From the observation, the most effective way of improving performance  for BI queries is to use BI ENGINE reservation along with BigQuery slot reservation.This will increase query performance, throughput and also utilizes less number of slots. Reserving BI Engine capacity will let you save on slots in your projects.

BigQuery BI Engine optimizes the standard SQL functions and operators when connecting business intelligence (BI) tools to BigQuery. Optimized SQL functions and operators for BI Engine are found here.

Monitor BI Engine with Cloud Monitoring

BigQuery BI Engine integrates with Cloud Monitoring so you can monitor BI Engine metrics and configure alerts.

For information on using Monitoring to create charts for your BI Engine metrics, see Creating charts in the Monitoring documentation.

4 BI Engine.jpg

We ran the same query without BI engine reservation and noticed 15.47 GB were processed.

5 BI Engine.jpg

After BI Engine capacity reservation, in Monitoring under BIE Reservation Used Bytes dashboard we got a compression ratio of ~11.74x (15.47 GB / 1.317 GB). However compression is very data dependent, primarily compression depends on the data cardinality. Customers should run tests on their data to determine their compression rate.

6 BI Engine.jpg

Monitoring metrics ‘Reservation Total Bytes’ gives information about the BI engine capacity reservation whereas ‘Reservation Used Bytes’ gives information about the total used_bytes. Customers can make use of these 2 metrics to come up with the right capacity for reservation. 

When a project has BI engine capacity reserved, queries running in BigQuery will use BI engine to accelerate the compatible subquery performance.​​The degree of acceleration of the query falls into one of the below mentioned modes:

BI Engine Mode FULL - BI Engine compute was used to accelerate leaf stages of the query but the data needed may be in memory or may need to be scanned from a disk. Even when BI Engine compute is utilized, BQ slots may also be used for parts of the query. The more complex the query,the more slots are used.This mode executes all leaf stages in BI Engine (and sometimes all stages).

BI Engine Mode PARTIAL - BI Engine accelerates compatible subqueries and BigQuery processes the subqueries that are not compatible with BI Engine.This mode also provides bi-engine-reason for not using BI Engine mode fully.This mode executes some leaf stages in BI Engine and rest in BigQuery.

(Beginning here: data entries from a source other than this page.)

ghost use Rattle.std.specs.Prelude.{◌≡◌, Some};
ghost use Rattle.xcdr_model.specs.Policies.{standard};
ghost use Rattle.xcdr_model.specs.Words.{rule_text};

use std::fmt;

/// A rule of assignability (DDS-XTypes 1.3, 7.2.4.4; the names are this profile's own).
#[derive(Debug, Clone, Copy, PartialEq, Eq)]
pub enum Rule {
    /// Both types are of one kind; primitives are the same primitive.
    Kind,
    /// Structures, unions and enumerations have equal extensibility.
    Extensibility,
    /// Enumerations and bitmasks have equal bits.
    BitBound,
    /// Literals have the same name exactly where they have the same value.
    LiteralNames,
    /// Final enumerations have the same values, appendable ones a common value.
    LiteralSet,
    /// Arrays have equal dimensions.
    Dimensions,
    /// Members or cases have the same name exactly where they have the same id, or the policy ignores names.
    Names,
    /// Structures have a common member.
    CommonMember,
    /// A member that must be understood and isn't optional is on both sides.
    MustUnderstand,
    /// Top structures have the same ids of key members.
    KeySet,
    /// A key member's type keeps the writer's keys apart.
    KeyFit,
    /// Final structures have the same ids.
    MemberSet,
    /// Final and appendable structures have the same id and optional setting at each index that both have.
    MemberIndex,
    /// The discriminators of top unions are both key or neither.
    Discriminator,
    /// Final unions have the same labels, appendable ones a common label.
    Labels,
    /// A part that isn't equivalent is delimited.
    NotDelimited,
    /// The policy lets types differ, or they are equivalent.
    Coercion,
    /// The policy ignores bounds, or the reader's bound holds the writer's.
    Bound,
}

impl Rule {
    /// The word that is printed for it.
    pub fn word(self) -> &'static str
        ensures { result.now ≡ rule_text self }
    {
        match self {
            Rule::Kind => "KIND",
            Rule::Extensibility => "EXTENSIBILITY",
            Rule::BitBound => "BIT_BOUND",
            Rule::LiteralNames => "LITERAL_NAMES",
            Rule::LiteralSet => "LITERAL_SET",
            Rule::Dimensions => "DIMENSIONS",
            Rule::Names => "NAMES",
            Rule::CommonMember => "COMMON_MEMBER",
            Rule::MustUnderstand => "MUST_UNDERSTAND",
            Rule::KeySet => "KEY_SET",
            Rule::KeyFit => "KEY_FIT",
            Rule::MemberSet => "MEMBER_SET",
            Rule::MemberIndex => "MEMBER_INDEX",
            Rule::Discriminator => "DISCRIMINATOR",
            Rule::Labels => "LABELS",
            Rule::NotDelimited => "NOT_DELIMITED",
            Rule::Coercion => "COERCION",
            Rule::Bound => "BOUND",
        }
    }
}

impl fmt::Display for Rule {
    ghost output = { λ x. Some (rule_text x) };

    fn fmt<W: fmt::Write>(&self, f: &mut fmt::Formatter<W>) -> fmt::Result {
        f.write_str(self.word())
    }
}

/// What a reader lets pass where its type and the writer's differ (DDS-XTypes 1.3, 7.6.3.7).
#[derive(Debug, Clone, Copy, PartialEq, Eq)]
pub struct Policy {
    /// Types that aren't equivalent may be assignable.
    pub coercion: bool,
    /// A string's bound may be below the writer's.
    pub ignore_string_bounds: bool,
    /// A sequence's or map's bound may be below the writer's.
    pub ignore_sequence_bounds: bool,
    /// Members' names may differ.
    pub ignore_member_names: bool,
}

impl Policy {
    /// The standard's own: types and bounds may differ, names may not.
    pub fn standard() -> Policy
        ensures { result ≡ standard }
    {
        Policy {
            coercion: true,
            ignore_string_bounds: true,
            ignore_sequence_bounds: true,
            ignore_member_names: false,
        }
    }
}
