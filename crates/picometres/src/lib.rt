// The picometres call (change request 5): the pixel size that the calibration's tree states, after every refusal in order.
#![tactic(auto)]

ghost use Rattle.std.specs.Prelude.{◌≡◌, length, IfOk};
ghost use Rattle.std.specs.Result.{result_unwrap_or};
ghost use Rattle.format.specs.Bytes.{ascii, zeros};
ghost use Rattle.format.specs.Given.{answer, said};
ghost use Rattle.format.specs.Trees.{room_in};
ghost use Rattle.format.specs.Calls.Picometres.{picometres_in, picometres_of, picometres_call};
ghost use Rattle.format.specs.Refused.Order.{FirstAt};
ghost use Rattle.format.specs.Refused.Picometres.{PicometresRefusal, picometres_order, SizeIs};
ghost use Rattle.format.specs.Sentences.{Refuses, AcceptedUnless, AtSome, TreeNamed};
ghost use Rattle.lookup.specs.View.{bytes, entries};

use calibration::parse_calibration_um;
use cursor::clear;
use format::Summary;
use format::refusal::Refusal;
use lookup::Tree;
use scale::picometres as scaled;
use tree_call::tree_named;

// The size that a tree states, in picometres.
fn size_in(tree: Tree) -> Result<u64, Refusal>
    ensures { answer result ≡ picometres_in (bytes tree.entry) (entries tree.entry) }
{
    let um = parse_calibration_um(tree).ok_or(Refusal::Missing)?;
    scaled(um).ok_or(Refusal::SizeRange)
}

// The size in the tree of the calibration's chunk, which is left in the table.
#[tactic(auto, using(named_tree::proofs::Answers::handed), unfolding(format::specs::Calls::Picometres::picometres_of, format::specs::Answer::and_then))]
fn read_size(file: &[u8], u: Summary, table: &mut [u8]) -> Result<u64, Refusal>
    ensures { answer result ≡ picometres_of file.now u (room_in (length table.old)) }
{
    let used = tree_named(file, u, b"ImageCalibrationLV|0!", table)?;
    size_in(Tree { file, table, used })
}

// The pixel size of a file in whole picometres, or the first refusal. It leaves zeros in the table.
pub fn picometres(file: &[u8], u: Summary, table: &mut [u8]) -> Result<u64, Refusal>
    ensures number { said result ≡ (picometres_call file.now u table.old).number }
    ensures size { result_unwrap_or result 0 ≡ (picometres_call file.now u table.old).picometres }
    ensures table { table.new ≡ (picometres_call file.now u table.old).table }
    ensures cleared { table.new ≡ zeros (length table.old) }
    ensures first { FirstAt (PicometresRefusal file.now u (room_in (length table.old))) picometres_order (said result) }
    ensures accepted { AcceptedUnless (AtSome (PicometresRefusal file.now u (room_in (length table.old)))) (said result) }
    ensures zero { Refuses (said result) → result_unwrap_or result 0 ≡ 0 }
    ensures rounded { IfOk result (λ n. SizeIs file.now u n) }
    ensures named { TreeNamed file.now u (ascii "ImageCalibrationLV|0!") (said result) }
{
    let found = read_size(file, u, table);
    clear(table);
    found
}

BI Engine Mode DISABLED - When BI Engine process subqueries that are not compatible for acceleration, all leaf stages will get processed in BigQuery. This mode also provides bi-engine-reason for not using BI Engine mode fully/partially.

7 BI Engine.jpg

Note that when you purchase a flat rate reservation, BI Engine capacity (GB) will be provided as part of the monthly flat-rate price. You can get up to 100 GB of BI Engine capacity included for free with a 2000-slot annual commitment. As BI Engine reduces the number of slots processed for BI queries, purchasing less slots by topping up little BI Engine capacity along with freely offered capacity might suffice your requirement instead of going in for more slots!